After 17 years of "patching" the sustainable growth rate (SGR) formula, the College of American Pathologists (CAP) continues to advocate for total elimination of the program.
The unpopular sustainable growth rate is based on a formula from 1997 computing the growth in Medicare spending and that of the American economy. Simply put, physician fee schedules for the upcoming year are reduced if Medicare Part B spending exceeds projections. Since the formula was enacted, Medicare spending continues to rise at a much faster than the country's general economic growth.
Last spring, CAP and other medical groups including the American Medical Association, American College of Surgeons, the Alliance of Specialty Medicine voiced strong opposition to Congress on another patch. CAP has long championed a full repeal and the movement is becoming more popular throughout the medical community. However, partisan disagreement about financing the repeal prevailed and another temporary legislative patch froze rates until March 2015.
"Not only pathologists but the entire medical community is concerned about the SGR," said George Kwass, MD, FCAP, chair of the CAP's council on government and professional affairs. "Everyone's looking at a potential reducation in payment in the vicinity of 24%. This certainly looms large every year and requires a great deal of lobbying, financial and psychological effort to overturn annually. It would be nice to know year-to-year a certain security in payment levels for services so one can plan the business aspect of their practice."
In addition, the temporary patch neglected what CAP president Gene M. Herbeck, MD, FCAP, referred to as "critical Medicare reforms" such as closing the self-referral loophole or pathologists' concerns about the current pay-for-performance program.
Kwass echoed the sentiment that the nuances of laboratory medicine were absent from the short-term fix and the association would like to see those addressed in a permanent solution.
The SGR Repeal and Medicare Provider Payment Modernization Act (HR 4015) includes a provision backed by the College that provides more flexibility for pathologists to meet requirements under Medicare's Physician Quality Reporting System (PQRS), Electronic Health Record (EHR) Incentive Program, and the Value-Based Modifier (VBM). Under the current system, eligible practitioners and group practices who successfully report quality information can receive an incentive payment of 0.5 % of their total estimated Medicare Part B Physician Fee Schedule (PFS) allowed charges for covered professional services furnished during that same reporting period.
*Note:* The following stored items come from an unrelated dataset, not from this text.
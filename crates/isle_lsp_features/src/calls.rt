//! The call hierarchy at a place.

ghost use Rattle.std.specs.Prelude.{◌≡◌, IfOk, map};
ghost use Rattle.serde_json.specs.View.{view};
ghost use Rattle.isle_index.specs.Held.{all_in};
ghost use Rattle.isle_lsp_calls.specs.Sources.{source_of};
ghost use Rattle.isle_lsp_features.specs.Called.{FindsCalls, source_in};
ghost use Rattle.isle_lsp_features.specs.Places as wanted;
ghost use Rattle.isle_lsp_features.specs.Programs.{text_of};

use crate::Text;
use crate::places::Place;
use isle_index::Index;
use isle_lsp_calls::Source;
use isle_lsp_calls::incoming::incoming;
use isle_lsp_calls::items::prepare;
use isle_lsp_calls::outgoing::outgoing;
use isle_lsp_protocol::machine::Request;
use serde_json::Value;
use std::alloc::{AllocError, Global};

/// The item of the term at a place, the calls of it, or those that its definitions make, as the
/// request asks; null for any other request.
pub fn calls(
    alloc: Global,
    program: &[Text],
    index: &Index,
    request: Request,
    place: Place,
) -> Result<Value, AllocError>
    ensures { IfOk result (λ value. FindsCalls request (map text_of program.now) (all_in index.now)
        (wanted.place_of place.entry) (view value)) }
{
    let sources = sources(alloc, program)?;
    match request {
        Request::PrepareCallHierarchy => prepare(alloc, &sources, index, place.pos),
        Request::IncomingCalls => incoming(alloc, &sources, index, place.pos),
        Request::OutgoingCalls => {
            outgoing(
                alloc,
                place.encoding,
                &sources,
                index,
                place.pos,
                place.text,
            )
        },
        _ => Ok(Value::Null),
    }
}

/// The texts of a program, with their encodings and their URIs alone.
fn sources<'a>(alloc: Global, program: &[Text<'a>]) -> Result<Vec<Source<'a>>, AllocError>
    ensures { IfOk result (λ sources. map source_of sources.items
        ≡ map source_in (map text_of program.now)) }
{
    let mut sources = Vec::new(alloc);
    for text in program {
        sources.push(Source {
            encoding: text.encoding,
            uri: text.uri,
            text: text.text,
        })?;
    }
    Ok(sources)
}
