//! Requests about the names of a program: where they are defined, implemented and used, how they
//! are declared, how a partly written one may go on, and which edits rename one.
//!
//! A program is a list of texts, each with its URI in the editor.
#![tactic(auto)]

ghost use Rattle.std.specs.Prelude.{◌≡◌, IfErr, IfOk, map};
ghost use Rattle.serde_json.specs.View.{view};
ghost use Rattle.isle_lsp_features.specs.Programs.{question_of, text_of};
ghost use Rattle.isle_cli.specs.declared.failure.Failure.TheVariants.{Memory};
ghost use Rattle.isle_index.specs.Held.{all_in};
ghost use Rattle.isle_lsp_features.specs.Answers.{IsAnswer, IsAnswerAt, IsAnswerOf, list_outcome};
ghost use Rattle.isle_lsp_features.specs.Gathered.{IsGathered};
ghost use Rattle.isle_lsp_features.specs.Places as wanted;
ghost use Rattle.isle_lsp_protocol.specs.Replies.{outcome_of};

mod calls;
mod completion;
mod gathered;
mod hover;
mod implementations;
mod known;
pub mod laws;
mod locations;
pub mod pieces;
pub mod places;
mod renaming;
pub mod rests;
mod signatures;
mod symbols;

pub use gathered::Gathered;
use isle_cli::failure::Failure;
use isle_index::Index;
use isle_lsp_protocol::items::{Item, Listing};
use isle_lsp_protocol::machine::{ErrorCode, Request};
use isle_lsp_protocol::parameters::{item_of, query_of, wants_definitions};
use isle_lsp_protocol::replies::{Outcome, error_outcome};
use isle_lsp_text::positions::PositionEncoding;
use places::{Place, file_of, place_of};
use serde_json::Value;
use std::alloc::{AllocError, Global};

/// A text of a program.
#[derive(Clone, Copy)]
pub struct Text<'a> {
    /// How positions in it are counted.
    pub encoding: PositionEncoding,
    /// Its URI, as the client spells it.
    pub uri: &'a str,
    /// The file that it is, which has one name however its URI is spelt.
    pub file: &'a str,
    /// Whether a program has that file that is not part of this one.
    pub is_shared: bool,
    /// Its version, if the client has it open.
    pub version: Option<i64>,
    /// The text.
    pub text: &'a str,
}

/// A request about the names of a program.
#[derive(Clone, Copy)]
pub struct Question<'a> {
    /// The request.
    pub request: Request,
    /// The whole message.
    pub message: &'a Value,
    /// The file of the document that the message names.
    pub file: &'a str,
    /// Whether the client takes edits with versions.
    pub takes_document_changes: bool,
}

/// Answers a request about the names of a program.
///
/// A text that does not parse contributes what the module `pieces` knows of it. While there is one,
/// `rename` and `prepareRename` fail. Only texts that differ from those of the last request about
/// the same files are parsed. The only `Err` is `Memory`.
pub fn answer<'a>(
    alloc: Global,
    gathered: &mut Gathered,
    program: &[Text<'a>],
    question: Question,
) -> Result<Outcome<'a>, Failure>
    ensures ok { IfOk result (λ outcome. IsAnswer (question_of question.entry)
        (map text_of program.now) (outcome_of outcome)) }
    ensures err { IfErr result (λ failure. failure ≡ Memory) }
{
    gathered.answer(alloc, program, question)
}

/// Answers a request about the names of a program that has this index, and this many texts that do
/// not parse or nest too deeply.
fn answer_from<'a>(
    alloc: Global,
    program: &[Text<'a>],
    index: &Index,
    refused: usize,
    question: Question,
) -> Result<Outcome<'a>, Failure>
    requires { IsGathered (map text_of program.now) index.now refused }
    ensures ok { IfOk result (λ outcome. IsAnswer (question_of question.entry)
        (map text_of program.now) (outcome_of outcome)) }
    ensures err { IfErr result (λ failure. failure ≡ Memory) }
{
    if refused > 0 && matches!(question.request, Request::Rename | Request::PrepareRename) {
        return Ok(Outcome::Failed(
            ErrorCode::RequestFailed,
            "cannot rename: a file of the workspace has a syntax error",
        ));
    }
    Ok(answer_in(alloc, program, index, question)?)
}

/// Answers a request about the names in an index.
fn answer_in<'a>(
    alloc: Global,
    program: &[Text<'a>],
    index: &Index,
    question: Question,
) -> Result<Outcome<'a>, AllocError>
    ensures { IfOk result (λ outcome. IsAnswerOf question.entry.request
        (question_of question.entry) (map text_of program.now) (all_in index.now)
        (outcome_of outcome)) }
{
    let message = question.message;
    match question.request {
        Request::WorkspaceSymbol => {
            let query = query_of(message).unwrap_or("");
            let found = symbols::workspace_symbols(alloc, program, index, query)?;
            Ok(list_outcome(Some(found)))
        }
        Request::DocumentSymbol => match file_of(program, question.file) {
            Some(file) => {
                let found = symbols::document_symbols(alloc, index, file)?;
                Ok(list_outcome(Some(found)))
            }
            None => Ok(error_outcome(ErrorCode::InvalidParams)),
        },
        Request::ResolveCompletion => match item_of(message) {
            Some(item) => Ok(Outcome::Done(hover::resolve(alloc, program, index, item)?)),
            None => Ok(error_outcome(ErrorCode::InvalidParams)),
        },
        Request::Rename => match place_of(program, question) {
            Some(place) => renaming::rename(alloc, program, index, place, question),
            None => Ok(error_outcome(ErrorCode::InvalidParams)),
        },
        request => match place_of(program, question) {
            Some(place) => answer_at(alloc, program, index, request, place, message),
            None => Ok(error_outcome(ErrorCode::InvalidParams)),
        },
    }
}

/// Answers a request about the name at a place.
fn answer_at<'a>(
    alloc: Global,
    program: &[Text<'a>],
    index: &Index,
    request: Request,
    place: Place,
    message: &Value,
) -> Result<Outcome<'a>, AllocError>
    ensures { IfOk result (λ outcome. IsAnswerAt request (map text_of program.now)
        (all_in index.now) (wanted.place_of place.entry) (view message.now)
        (outcome_of outcome)) }
{
    match request {
        Request::Definition => Ok(list_outcome(locations::definition(
            alloc, program, index, place,
        )?)),
        Request::Implementation => Ok(list_outcome(implementations::implementations(
            alloc, program, index, place,
        )?)),
        Request::References => {
            let all = wants_definitions(message);
            let found = locations::references(alloc, program, index, place, all)?;
            Ok(list_outcome(found))
        }
        Request::DocumentHighlight => Ok(list_outcome(locations::highlights(alloc, index, place)?)),
        Request::Hover => Ok(Outcome::Done(hover::hover(alloc, program, index, place)?)),
        Request::SignatureHelp => {
            let help = signatures::signature_help(alloc, program, index, place)?;
            Ok(Outcome::Done(help))
        }
        Request::Completion => Ok(list_outcome(Some(completion::completion(alloc, index, place)?))),
        Request::PrepareRename => Ok(Outcome::Done(renaming::prepare(alloc, index, place)?)),
        request => Ok(Outcome::Done(calls::calls(alloc, program, index, request, place)?)),
    }
}

/// The outcome that is a list, or null if there is none.
fn list_outcome(items: Option<Vec<Item>>) -> Outcome
    ensures { outcome_of result ≡ list_outcome items.entry }
{
    match items {
        Some(items) => Outcome::Listed(Listing::Items(items)),
        None => Outcome::Done(Value::Null),
    }
}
In 2015, the PQRS will begin adjusting payments for those providers who do not satisfactorily report data, reducing allowed charges by 1.5 percent for 2015 and 2.0 percent for 2016 and subsequent years. Reporting requirements require eligible practitioner and group practices to report on at least one valid measure. Data can be reported via claims, qualified PQRS registries, or a qualified EHR product, or PQRS data submission vendor.
Further, the bill addresses the CAP's long-held concerns that quality initiatives were designed for office-based physicians and do not capture the many contributions pathologists add to patient care and the health system.
"Our main concern in this reform is not ending up with a one-size-fits-all solution to issues like the VBM, value-based purchasing, and meaningful use issues," reinforced Kwass. "Not all physicians practice the same. Some specialties deal in laboratory information systems and interface and populate electronic health records. We shouldn't be penalized for not having an electronic health system as defined by the government because it can simply be a system we don't work in. We work electronically and did so well before the EHR. Our practice nuances need to be recognized. A provision in the permanent bill would allow the Secretary of Health and Human Services alternative methods for judging value."
Finding the Funding
The repeal of the SGR elimination last year came down to funding. The kick-the-can-down-the-road mentality has made elimination an increasingly expensive proposition. In 2005, it would've cost less than $50 billion to repeal. In 2014, the estimate from the Congressional Budget Office and non-partisan Joint Committee on Taxation was $138.4 billion over 10 years.
One Democratic proposal endorsed by the American Medical Association entailed using the Overseas Contingency Fund to offset the repeal. Significantly more spending for U.S. forces in Iraq and Afghanistan is allotted than is projected to actually occur. Other bids offered included changes to the Medicare Part D rebate program and reducing the market exclusivity period for biologics, combining Medicare Part A and Part B deductibles, overhauling MediGap, increasing the amount higher-income beneficiaries pay for Part B coverage or raising the Medicare eligibility age. All of these options raise opposition from one side of the political aisle, not to mention the American public, so Kwass thinks the most realistic time frame is during the lame duck session after the mid-term elections.
"CAP is agnostic as far as a pay-for," he commented. "We do offer the repeal of the in-office exception for services as part of the pay-for. As an organization, we encourage our members to be in communication with their representatives in Congress. Hopefully, the legislators will listen."